{x}
blog image

Number of Comments per Post

Solution Explanation for LeetCode 1241: Number of Comments per Post

This problem requires querying a database table (Submissions) to determine the number of unique comments associated with each post. The solution involves using SQL's JOIN, COUNT, GROUP BY, and DISTINCT functionalities.

Understanding the Data

The Submissions table has two columns:

  • sub_id: A unique identifier for each submission (post or comment).
  • parent_id: If a submission is a comment, this column holds the sub_id of the post it's commenting on. parent_id is NULL for posts.

Approach

The core idea is to identify posts (submissions with parent_id as NULL) and then count the unique comments associated with each post. This is achieved through a LEFT JOIN to connect posts with their corresponding comments. The DISTINCT keyword ensures we only count unique comments, even if the same comment appears multiple times in the table.

SQL Solution (MySQL)

WITH
    t AS (
        SELECT DISTINCT s1.sub_id AS post_id, s2.sub_id AS sub_id
        FROM
            Submissions AS s1
            LEFT JOIN Submissions AS s2 ON s1.sub_id = s2.parent_id
        WHERE s1.parent_id IS NULL
    )
SELECT post_id, COUNT(sub_id) AS number_of_comments
FROM t
GROUP BY post_id
ORDER BY post_id;

Code Breakdown:

  1. WITH t AS (...) (Common Table Expression): This creates a temporary named result set called t. This improves readability and simplifies the main query.
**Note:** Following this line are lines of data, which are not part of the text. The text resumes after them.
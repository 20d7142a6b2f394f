//! Two operations, one after the other.
ghost use Rattle.std.specs.Prelude.{◌≡◌, [], if◌then◌else◌, IfOk, OnOk};
ghost use Rattle.link_tree.specs.Trees.{after_changes};
ghost use Rattle.tree_access.specs.Merging.{IsReading};
ghost use Rattle.footprint.specs.Net.{net};
ghost use Rattle.footprint.specs.Operations.{AreChanges, is_refused};
ghost use Rattle.footprint.specs.Then.{answer_of_both, outcome_of_both};

use crate::answer::Answer;
use crate::changes::Changes;
use crate::net::net_changes;
use crate::outcome::Outcome;
use link_tree::Tree;
use std::alloc::{AllocError, Global};
use std::mem::replace;
use tree_access::Reading;

impl Answer {
    /// Whether nothing was done.
    pub fn is_refused(&self) -> bool
        ensures { result ≡ is_refused self.now }
    {
        match self {
            Answer::Refused(_) => true,
            Answer::Done(_) | Answer::State(_) | Answer::Name(_) | Answer::Names(_) => false,
        }
    }

    /// Turns this answer, which is that of the later operation, into the answer of both: if both
    /// are done, it gets the notices of the first too.
    fn follow(&mut self, first: Answer) -> Result<(), AllocError>
        ensures { OnOk result (self.new ≡ answer_of_both first self.old) }
    {
        match (self, first) {
            (Answer::Done(more), Answer::Done(first)) => {
                let mut notices = first;
                notices.add_all(more)?;
                *more = notices;
            }
            (_, first) => drop(first),
        }
        Ok(())
    }
}

/// The net changes of both lists to the tree, or none if the second operation was refused.
fn changes_of_both(
    alloc: Global,
    tree: &Tree,
    first: &Changes,
    second: &Changes,
    refused: bool,
) -> Result<Changes, AllocError>
    requires first { AreChanges tree.now first.now }
    requires second { AreChanges (after_changes first.now tree.now) second.now }
    ensures { IfOk result (λ changes. changes ≡ if refused then [] else net first.now second.now) }
{
    if refused {
        return Ok(Changes::none(alloc));
    }
    net_changes(alloc, tree, first, second)
}

impl Outcome {
    /// The outcome of both on the tree, where the later one is the outcome on the tree after the
    /// changes of this one.
    pub fn and_then(self, alloc: Global, tree: &Tree, later: Outcome) -> Result<Outcome, AllocError>
        requires first { AreChanges tree.now self.changes }
        requires second { AreChanges (after_changes self.changes tree.now) later.changes }
        requires first_reading { IsReading tree.now self.reading }
        requires second_reading { IsReading (after_changes self.changes tree.now) later.reading }
        ensures { IfOk result (λ outcome. outcome ≡ outcome_of_both tree.now self later) }
    {
        let mut outcome = later;
        outcome.follow(alloc, tree, self)?;
        Ok(outcome)
    }

    /// Turns this outcome, which is that of the later operation on the tree after the changes of
    /// the first, into the outcome of both on the tree.
    fn follow(&mut self, alloc: Global, tree: &Tree, first: Outcome) -> Result<(), AllocError>
        requires first { AreChanges tree.now first.changes }
        requires second { AreChanges (after_changes first.changes tree.now) self.old.changes }
        requires first_reading { IsReading tree.now first.reading }
        requires second_reading { IsReading (after_changes first.changes tree.now) self.old.reading }
        ensures { OnOk result (self.new ≡ outcome_of_both tree.now first self.old) }
    {
        let Outcome {
            answer,
            changes,
            reading,
        } = first;
        let refused = self.answer.is_refused();
        self.answer.follow(answer)?;
        self.changes = changes_of_both(alloc, tree, &changes, &self.changes, refused)?;
        let later = replace(&mut self.reading, Reading::none(alloc));
        self.reading = reading.and_then(alloc, tree, changes.as_slice(), later)?;
        Ok(())
    }
}
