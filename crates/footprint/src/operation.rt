//! Operations on trees.
ghost use Rattle.std.specs.Prelude.{◌≡◌, ◌↔◌, IfOk, IsTrue, All, true};
ghost use Rattle.unit_paths.specs.Slots.{is_slot};
ghost use Rattle.footprint.specs.Operations.{outcome_of};

use crate::outcome::Outcome;
use link_tree::Tree;
use std::alloc::{AllocError, Global};

/// A command or a question on trees, with its arguments. Its meaning is an inquiry: the result is
/// the same in trees that agree on the keys that it looks at. It fails only if memory runs out.
pub trait Operation: Drop + Sized {
    ghost use Rattle.std.specs.Prelude.{Bool};
    ghost use Rattle.footprint.specs.Inquiry.{Inquiry};
    ghost use Rattle.footprint.specs.Operations.{Effect, OperationLaws};

    /// What it looks up in a tree, and what effect that has.
    ghost meaning: { Self → Inquiry Effect };

    /// Whether it is a question.
    ghost asks: { Self → Bool };

    /// Its outcome in the tree: its answer, its changes, all at slots, and its reading. The tree
    /// itself stays as it is, so that a caller can make the changes or drop them. A refusal is an
    /// answer; the error occurs only if memory runs out.
    fn run(&self, alloc: Global, tree: &Tree) -> Result<Outcome, AllocError>
        ensures outcome { IfOk result (λ done. done ≡ outcome_of meaning self.now tree.now) }
        ensures slots { IfOk result (λ done. All (λ change. is_slot change.path ≡ true) done.changes) };

    /// Whether it is a question, which changes nothing and is not a command.
    fn asks_only(&self) -> bool
        ensures { result ≡ asks self.now };

    /// A copy of the operation. Fails only if memory runs out.
    fn copy(&self) -> Result<Self, AllocError>
        ensures { IfOk result (λ copy. copy ≡ self.now) };

    /// Whether the operations are the same, with the same arguments.
    fn same(&self, other: &Self) -> bool
        ensures { IsTrue result ↔ (self.now ≡ other.now) };

    /// It looks at each cell that it changes, reports each change, and changes nothing if it is
    /// refused or is a question.
    ghost laws: { OperationLaws asks meaning };
}
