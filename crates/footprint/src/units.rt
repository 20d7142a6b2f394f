//! Lists of the names of units.
ghost use Rattle.std.specs.Prelude.{◌≡◌, ◌↔◌, ◌++◌, ◌∷◌, [], IfOk, IsTrue, OnOk, OnErr};

use std::alloc::{AllocError, Global};
use std::marker::Model;
use unit_name::UnitName;

/// The names of units that are the arguments of a command, in order. Contracts see the list of
/// them.
#[derive(Debug, Drop)]
pub struct Units {
    names: Vec<UnitName>,
}

impl Model for Units {
    ghost use Rattle.std.specs.Prelude.{List, ℕ};

    ghost Value = { List (List ℕ) };

    ghost view = { λ units. units.names.items };
}

impl Units {
    /// No names. Allocates no memory.
    pub fn none(alloc: Global) -> Units
        ensures { result ≡ [] }
    {
        Units {
            names: Vec::new(alloc),
        }
    }

    /// Adds a name. If memory runs out, the list stays as it was.
    pub fn push(&mut self, name: UnitName) -> Result<(), AllocError>
        ensures ok { OnOk result (self.new ≡ self.old ++ name ∷ []) }
        ensures err { OnErr result (self.new ≡ self.old) }
    {
        Ok(self.names.push(name)?)
    }

    /// The names, in order.
    pub fn as_slice(&self) -> &[UnitName]
        ensures { result.now ≡ self.now }
    {
        &self.names
    }

    /// Whether these are the same names, in the same order.
    pub fn same(&self, other: &Units) -> bool
        ensures { IsTrue result ↔ (self.now ≡ other.now) }
    {
        self.as_slice() == other.as_slice()
    }

    /// A copy of the names. Fails only if memory runs out.
    pub fn copy(&self) -> Result<Units, AllocError>
        ensures { IfOk result (λ units. units ≡ self.now) }
    {
        let mut copy = Units::none(*self.names.allocator());
        for name in self.as_slice() {
            copy.push(name.copy()?)?;
        }
        Ok(copy)
    }
}
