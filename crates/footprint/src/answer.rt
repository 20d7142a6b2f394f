//! The answers of operations.
ghost use Rattle.std.specs.Prelude.{◌≡◌, IfOk};

use crate::units::Units;
use std::alloc::AllocError;
use tree_access::Refusal;
use unit_file::Notices;
use unit_name::UnitName;

/// Whether a unit is enabled: systemctl(1), `is-enabled`.
#[derive(Clone, Copy, Debug, PartialEq, Eq)]
pub enum StateWord {
    NotFound,
    Masked,
    MaskedRuntime,
    Alias,
    Enabled,
    EnabledRuntime,
    Linked,
    LinkedRuntime,
    Static,
    Indirect,
    Disabled,
}

/// The answer of an operation.
#[derive(Debug, Drop)]
pub enum Answer {
    /// A command was carried out, except for the arguments that the notices name.
    Done(Notices),
    /// `is-enabled`.
    State(StateWord),
    /// `get-default`.
    Name(UnitName),
    /// `list-dependencies`.
    Names(Units),
    /// Nothing was done.
    Refused(Refusal),
}

impl Answer {
    /// A copy of the answer. Fails only if memory runs out.
    pub fn copy(&self) -> Result<Answer, AllocError>
        ensures { IfOk result (λ answer. answer ≡ self.now) }
    {
        match self {
            Answer::Done(notices) => Ok(Answer::Done(notices.copy()?)),
            Answer::State(word) => Ok(Answer::State(*word)),
            Answer::Name(name) => Ok(Answer::Name(name.copy()?)),
            Answer::Names(names) => Ok(Answer::Names(names.copy()?)),
            Answer::Refused(refusal) => Ok(Answer::Refused(refusal.copy()?)),
        }
    }
}
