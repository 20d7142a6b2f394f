//! The parts of a text, read as a name's: systemd.unit(5), "Description".
ghost use Rattle.std.specs.Prelude.{◌≡◌, ◌≤◌, length, IfOk};
ghost use Rattle.std.specs.List.{list_all};
ghost use Rattle.std.specs.Option.{option_copied};
ghost use Rattle.unit_name.specs.Parts.{is_name_byte};
ghost use Rattle.unit_name.specs.Name.{stem_of, suffix_of, prefix_of, instance_of, type_of, part_fault, with_instance, name_fault, instance_fault};

use crate::cut::{cut_at_first, cut_at_last};
use crate::fault::{InstanceFault, MAX_NAME, NameFault};
use crate::kind::UnitType;
use std::alloc::{AllocError, Global};

fn is_name_byte(b: u8) -> bool
    ensures { result ≡ is_name_byte b }
{
    b.is_ascii_alphanumeric() || b":-_.\\@".contains(&b)
}

fn has_name_bytes(text: &[u8]) -> bool
    ensures { result ≡ list_all is_name_byte text.now }
{
    text.iter().all(|b| is_name_byte(*b))
}

#[tactic(auto, unfolding(crate::specs::Name::stem_of))]
pub(crate) fn stem_in(text: &[u8]) -> &[u8]
    ensures stem { result.now ≡ stem_of text.now }
    ensures short { length result.now ≤ length text.now }
{
    match cut_at_last(text, b'.') {
        Some((stem, _)) => stem,
        None => text,
    }
}

#[tactic(auto, unfolding(crate::specs::Name::suffix_of))]
fn suffix_in(text: &[u8]) -> &[u8]
    ensures suffix { result.now ≡ suffix_of text.now }
    ensures short { length result.now ≤ length text.now }
{
    match cut_at_last(text, b'.') {
        Some((_, suffix)) => suffix,
        None => &[],
    }
}

#[tactic(auto, unfolding(crate::specs::Name::prefix_of))]
pub(crate) fn prefix_in(text: &[u8]) -> &[u8]
    ensures prefix { result.now ≡ prefix_of text.now }
    ensures short { length result.now ≤ length text.now }
{
    let stem = stem_in(text);
    match cut_at_first(stem, b'@') {
        Some((prefix, _)) => prefix,
        None => stem,
    }
}

#[tactic(auto, unfolding(crate::specs::Name::instance_of))]
pub(crate) fn instance_in(text: &[u8]) -> Option<&[u8]>
    ensures { option_copied result ≡ instance_of text.now }
{
    match cut_at_first(stem_in(text), b'@') {
        Some((_, instance)) => Some(instance),
        None => None,
    }
}

#[tactic(auto, unfolding(crate::specs::Name::type_of))]
pub(crate) fn type_in(text: &[u8]) -> Option<UnitType>
    ensures { result ≡ type_of text.now }
{
    UnitType::named(suffix_in(text))
}

#[tactic(auto, unfolding(crate::specs::Name::part_fault))]
fn part_fault_of(text: &[u8]) -> Option<NameFault>
    ensures { result ≡ part_fault text.now }
{
    if prefix_in(text).is_empty() {
        return Some(NameFault::NoPrefix);
    }
    if type_in(text).is_none() {
        return Some(NameFault::BadType);
    }
    None
}

#[tactic(auto, unfolding(crate::specs::Name::name_fault))]
pub(crate) fn fault_of(text: &[u8]) -> Option<NameFault>
    ensures { result ≡ name_fault text.now }
{
    if text.len() > MAX_NAME {
        return Some(NameFault::TooLong);
    }
    if !has_name_bytes(text) {
        return Some(NameFault::BadCharacter);
    }
    part_fault_of(text)
}

#[tactic(auto, unfolding(crate::specs::Name::instance_fault, crate::specs::Name::with_instance))]
pub(crate) fn instance_fault_of(text: &[u8], instance: &[u8]) -> Option<InstanceFault>
    requires { length text.now ≤ MAX_NAME }
    ensures { result ≡ instance_fault text.now instance.now }
{
    if instance.len() > MAX_NAME
        || prefix_in(text).len() + instance.len() + suffix_in(text).len() + 2 > MAX_NAME
    {
        return Some(InstanceFault::TooLong);
    }
    if !has_name_bytes(instance) {
        return Some(InstanceFault::BadCharacter);
    }
    None
}

#[tactic(auto, unfolding(crate::specs::Name::with_instance))]
pub(crate) fn text_with_instance(
    alloc: Global,
    text: &[u8],
    instance: &[u8],
) -> Result<Vec<u8>, AllocError>
    ensures { IfOk result (λ spelled. spelled.items ≡ with_instance text.now instance.now) }
{
    let mut spelled = Vec::from_slice(alloc, prefix_in(text))?;
    spelled.push(b'@')?;
    spelled.extend_from_slice(instance)?;
    spelled.push(b'.')?;
    spelled.extend_from_slice(suffix_in(text))?;
    Ok(spelled)
}
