ghost use Rattle.std.specs.Prelude.{◌≡◌, ◌<◌, length, IfOk, IfSome, IfNone, Some, None};
ghost use Rattle.std.specs.List.{after_last};
ghost use Rattle.std.specs.Option.{option_copied};
ghost use Rattle.unit_name.specs.Specifiers.{expansion, onto, specifier, is_dash};

use crate::cut::cut_at_last;
use crate::fault::ExpandError;
use crate::name::UnitName;
use crate::part::{prefix_in, stem_in};
use std::alloc::Global;

/// The word with each specifier replaced by its value for the name: `%i` the instance, or nothing
/// if there is none, `%n` the whole name, `%N` the name without dot and type, `%p` the prefix, `%j`
/// what follows the last dash of the prefix, `%%` a percent sign.
///
/// systemd.unit(5), "Specifiers".
pub fn expand(alloc: Global, word: &[u8], name: &UnitName) -> Result<Vec<u8>, ExpandError>
    ensures text { IfOk result (λ text. expansion name.now word.now ≡ Some text.items) }
    ensures unknown { result ≡ Err ExpandError.UnknownSpecifier → expansion name.now word.now ≡ None }
{
    let mut text = Vec::new(alloc);
    let mut rest = word;
    'pieces: while !rest.is_empty() {
        let Some((piece, after)) = first_piece(name, rest) else {
            return Err(ExpandError::UnknownSpecifier);
        };
        text.extend_from_slice(piece)?;
        rest = after;
    }
    Ok(text)
}

/// The value of the first byte or specifier of a word, and the rest of the word.
#[tactic(auto, unfolding(crate::specs::Specifiers::expansion))]
fn first_piece<'a>(name: &'a UnitName, word: &'a [u8]) -> Option<(&'a [u8], &'a [u8])>
    requires { 0 < length word.now }
    ensures piece { IfSome result (λ cut. expansion name.now word.now ≡ onto cut.0.now (expansion name.now cut.1.now)) }
    ensures shorter { IfSome result (λ cut. length cut.1.now < length word.now) }
    ensures unknown { IfNone result (expansion name.now word.now ≡ None) }
{
    match word {
        [b'%', letter, rest @ ..] => match specifier_text(name, *letter) {
            Some(value) => Some((value, rest)),
            None => None,
        },
        [b'%'] => None,
        _ => Some((&word[..1], &word[1..])),
    }
}

/// The value of the specifier `%` with this letter.
#[tactic(auto, unfolding(crate::specs::Specifiers::specifier))]
fn specifier_text(name: &UnitName, letter: u8) -> Option<&[u8]>
    ensures { option_copied result ≡ specifier name.now letter }
{
    match letter {
        b'i' => Some(name.instance().unwrap_or(&[])),
        b'n' => Some(name.text()),
        b'N' => Some(stem_in(name.text())),
        b'p' => Some(prefix_in(name.text())),
        b'j' => Some(after_last_dash(prefix_in(name.text()))),
        b'%' => Some(b"%"),
        _ => None,
    }
}

fn after_last_dash(text: &[u8]) -> &[u8]
    ensures { result.now ≡ after_last is_dash text.now }
{
    match cut_at_last(text, b'-') {
        Some((_, after)) => after,
        None => text,
    }
}
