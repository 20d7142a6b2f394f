//! What operations on a tree look at, what they change, and the laws that they obey.
#![tactic(auto)]

mod answer;
mod changes;
mod laws;
mod net;
mod operation;
mod outcome;
mod same;
mod then;
mod units;

pub use answer::{Answer, StateWord};
pub use changes::Changes;
pub use laws::{
    all_at_once_is_refused_at_the_least_path, commands_may_change_places,
    operations_are_taken_back, outcomes_follow_from_what_is_seen,
    trees_agree_after_the_same_changes,
};
pub use net::NetChanges;
pub use operation::Operation;
pub use outcome::Outcome;
pub use same::same_notices;
pub use tree_access::{Key, Keys, Observation, Reading, Refusal, Seen, Subject, agrees, touches};
pub use unit_file::{Notice, NoticeKey, Notices, Reason};
pub use units::Units;
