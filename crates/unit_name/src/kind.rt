ghost use Rattle.std.specs.Prelude.{◌≡◌};
ghost use Rattle.unit_name.specs.Parts.{type_text};
ghost use Rattle.unit_name.specs.Name.{type_named};

/// Whether a name is a template or an instance of one.
#[derive(Clone, Copy, Debug, PartialEq, Eq, Hash, PartialOrd, Ord)]
pub enum Kind {
    Plain,
    Template,
    Instance,
}

/// The type of a unit, given by the end of its name.
#[derive(Clone, Copy, Debug, PartialEq, Eq, Hash, PartialOrd, Ord)]
pub enum UnitType {
    Service,
    Socket,
    Device,
    Mount,
    Automount,
    Swap,
    Target,
    Path,
    Timer,
    Slice,
    Scope,
}

const TYPES: [UnitType; 11] = [
    UnitType::Service,
    UnitType::Socket,
    UnitType::Device,
    UnitType::Mount,
    UnitType::Automount,
    UnitType::Swap,
    UnitType::Target,
    UnitType::Path,
    UnitType::Timer,
    UnitType::Slice,
    UnitType::Scope,
];

impl UnitType {
    /// The text after the last dot of a name.
    #[tactic(auto, unfolding(crate::specs::Parts::type_text))]
    pub fn text(self) -> &'static str
        ensures { result.now ≡ type_text self }
    {
        match self {
            UnitType::Service => "service",
            UnitType::Socket => "socket",
            UnitType::Device => "device",
            UnitType::Mount => "mount",
            UnitType::Automount => "automount",
            UnitType::Swap => "swap",
            UnitType::Target => "target",
            UnitType::Path => "path",
            UnitType::Timer => "timer",
            UnitType::Slice => "slice",
            UnitType::Scope => "scope",
        }
    }

    /// The type with this text.
    #[tactic(auto, unfolding(crate::specs::Name::type_named))]
    pub(crate) fn named(text: &[u8]) -> Option<UnitType>
        ensures { result ≡ type_named text.now }
    {
        TYPES
            .iter()
            .copied()
            .find(|unit_type| unit_type.text().as_bytes() == text)
    }
}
  2. SELECT DISTINCT s1.sub_id AS post_id, s2.sub_id AS sub_id: This selects the sub_id from the Submissions table (aliased as s1) as post_id representing the post IDs. It also selects the sub_id from the Submissions table (aliased as s2) as sub_id, representing the comment IDs. DISTINCT ensures that duplicate comments are not counted.

  3. FROM Submissions AS s1 LEFT JOIN Submissions AS s2 ON s1.sub_id = s2.parent_id: This performs a LEFT JOIN between the Submissions table (aliased twice as s1 and s2). The LEFT JOIN ensures that all posts are included in the result, even those without comments. The JOIN condition s1.sub_id = s2.parent_id links posts (s1.sub_id) with their comments (s2.sub_id).

  4. WHERE s1.parent_id IS NULL: This filters the results to include only rows where s1.parent_id is NULL, which identifies the actual posts.

  5. SELECT post_id, COUNT(sub_id) AS number_of_comments FROM t GROUP BY post_id: This selects post_id and counts the number of comments (COUNT(sub_id)) for each post. The GROUP BY post_id clause groups the results by post ID.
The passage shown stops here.